Notes Caffeine initiation time: postnatal mean (SD) age of 2.5 (2.6) days in the high‐dose group 2.7 (2.8) days in the low‐dose group.
Baseline imbalances: none
The trial protocol is available at www.clinicaltrials.gov/ct2/show/NCT02103777 (19 April 2018)
Risk of bias
Bias Authors' judgement Support for judgement
Random sequence generation (selection bias) Low risk Enrolled infants were assigned randomly to treatment groups using Internet‐based random table technique. A designated pharmacist was responsible for the randomization of selected infants and the preparation of caffeine dose.

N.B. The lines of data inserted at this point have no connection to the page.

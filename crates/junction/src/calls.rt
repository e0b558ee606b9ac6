//! The calls by which stations step: start, go, stir and fail.
ghost use Rattle.std.specs.Prelude.{◌≡◌, ℕ, Bool, true, false, ◌==◌};
ghost use Rattle.runs.specs.Runs.{holds};
ghost use Rattle.junction.specs.Stations.{station_of, arrived};
ghost use Rattle.junction.specs.Calls.{SlotOf, unknown, refused_first, asked, counting, stepped, answered, acted, start_answers, start_leaves, go_answers, go_leaves, stir_answers, stir_leaves, fail_answers, fail_leaves};
ghost use Rattle.junction.specs.Counts.{by_go};

use crate::counts::Note;
use crate::state::Junction;
use crate::stations::{Slot, Station};
use crate::wires::settles_some;
use boards::Board;
use disciplines::Discipline;
use steps::{FAILED, Flag, Go, IDLE, Outcome, Record, Refusal, Step};

/// So many starts, goes, stirs and fails are accepted, and no more.
const LIMIT: u64 = 4_000_000_000;

impl<D: Discipline, B: Board> Junction<D, B> {
    // The slot of station p, where there is one.
    pub(crate) fn slot(&self, p: usize) -> Result<Slot, Refusal>
        ensures { SlotOf p (unknown self.now p) result }
    {
        if p < self.size.stations {
            Ok(Slot { station: p })
        } else {
            Err(Refusal::NoStation)
        }
    }

    // The slot of station p, where neither its number nor the limit refuses a call of it.
    fn admit(&self, p: usize) -> Result<Slot, Refusal>
        ensures { SlotOf p (refused_first self.now p) result }
    {
        let slot = self.slot(p)?;
        if self.counts.used >= LIMIT {
            return Err(Refusal::Limit);
        }
        Ok(slot)
    }

    // The step that a go of a station with this pick asks for.
    fn asked(&self, slot: Slot, pick: usize) -> Step
        ensures { result ≡ asked self.now slot.station pick }
    {
        Step {
            size: self.size,
            station: slot.station,
            rec: self.stations.get(slot).rec,
            pick,
        }
    }

    // A call of station p is counted.
    fn count(&mut self, p: usize, note: Note)
        ensures { self.new ≡ counting self.old p note }
    {
        self.counts = self.counts.noted(note, self.size, p);
    }

    // A station becomes another, and the call is counted.
    pub(crate) fn step(&mut self, slot: Slot, next: Station, note: Note)
        ensures { self.new ≡ stepped self.old slot.station next note }
    {
        self.stations.put(slot, next);
        self.count(slot.station, note);
    }

    /// Starts an idle station.
    pub fn start(&mut self, p: usize) -> Result<Outcome, Refusal>
        ensures answers { result ≡ start_answers D.table B.meaning self.old p }
        ensures leaves { self.new ≡ start_leaves D.table B.meaning self.old p }
    {
        let slot = self.admit(p)?;
        let station = self.stations.get(slot);
        if station.rec.place != IDLE {
            return Err(Refusal::NotIdle);
        }
        let rec = D::start(self.size, station.rec);
        self.step(slot, Station { rec, ..station }, Note::by_start());
        Ok(Outcome::Accepted)
    }

    /// One step of a station. The pick says which member of a set it takes, where it wants one.
    pub fn go(&mut self, p: usize, pick: usize) -> Result<Outcome, Refusal>
        ensures answers { result ≡ go_answers D.table B.meaning self.old p pick }
        ensures leaves { self.new ≡ go_leaves D.table B.meaning self.old p pick }
    {
        let slot = self.admit(p)?;
        let step = self.asked(slot, pick);
        let high = self.hear(D::look(step));
        self.act(slot, D::go(step, high))
    }

    // What a go decided is done.
    fn act(&mut self, slot: Slot, go: Go) -> Result<Outcome, Refusal>
        ensures answers { result ≡ answered go }
        ensures leaves { self.new ≡ acted D.table B.meaning self.old slot.station go }
    {
        match go {
            Go::Idle => {
                self.stay(slot.station);
                Ok(Outcome::Idle)
            }
            Go::Waits => {
                self.stay(slot.station);
                Ok(Outcome::Waits)
            }
            Go::WrongPick => Err(Refusal::WrongPick),
            Go::MustLeave => Err(Refusal::MustLeave),
            Go::Moves(rec) => {
                self.arrive(slot, rec);
                Ok(Outcome::Accepted)
            }
            Go::Settles(part, high, rec) => {
                let station = slot.station;
                self.settle(Flag { station, part }, high);
                self.arrive(slot, rec);
                Ok(Outcome::Accepted)
            }
        }
    }

    // A go that changes nothing is counted, and the station is seen.
    fn stay(&mut self, p: usize)
        ensures { self.new ≡ counting self.old p (by_go false) }
    {
        self.count(p, Note::by_go(false));
    }

    // A go takes a station to this record.
    fn arrive(&mut self, slot: Slot, rec: Record)
        ensures { self.new ≡ stepped self.old slot.station (arrived rec (station_of self.old.stations slot.station)) (by_go (rec.place == D.table.grant)) }
    {
        let next = self.stations.get(slot).arrive(rec);
        self.step(slot, next, Note::by_go(rec.place == D::grant()));
    }

    /// Loosens the line that the station's next go would settle; all its lines where it has failed.
    pub fn stir(&mut self, p: usize) -> Result<Outcome, Refusal>
        ensures answers { result ≡ stir_answers D.table B.meaning self.old p }
        ensures leaves { self.new ≡ stir_leaves D.table B.meaning self.old p }
    {
        let slot = self.admit(p)?;
        let step = self.asked(slot, 0);
        let go = D::go(step, false);
        if !settles_some(go) {
            return Err(Refusal::NothingToSettle);
        }
        self.stir_lines(step, go);
        self.count(p, Note::by_start());
        Ok(Outcome::Accepted)
    }

    /// A station fails, wherever it stands. Its lines stay.
    pub fn fail(&mut self, p: usize) -> Result<Outcome, Refusal>
        ensures answers { result ≡ fail_answers D.table B.meaning self.old p }
        ensures leaves { self.new ≡ fail_leaves D.table B.meaning self.old p }
    {
        let slot = self.admit(p)?;
        let station = self.stations.get(slot);
        if station.rec.place == FAILED {
            return Err(Refusal::HasFailed);
        }
        let note = Note::by_fail(Self::holds(station.rec.place));
        let rec = Record::failed();
        self.step(slot, Station { rec, ..station }, note);
        Ok(Outcome::Accepted)
    }
}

Allocation concealment (selection bias) Low risk Cards in opaque, sealed envelopes.
Blinding of participants and personnel (performance bias)
All outcomes Low risk Nursing staff and family were blinded to patient's allocation.
Blinding of outcome assessment (detection bias)
All outcomes Low risk Investigators were blinded to patient's allocation.
Incomplete outcome data (attrition bias)
All outcomes Low risk Data available on all of the infants randomized. No exclusions or attrition after randomization.
Selective reporting (reporting bias) Unclear risk The protocol is available at www.clinicaltrials.gov/ct2/show/NCT02103777 (24 April 2018).
The study did not report on hydrocephalus as pre‐specified in the trial protocol. Furthermore, the duration of CPAP and postnatal steroid therapy for BPD were reported as outcomes in the study but not pre‐specified in the protocol.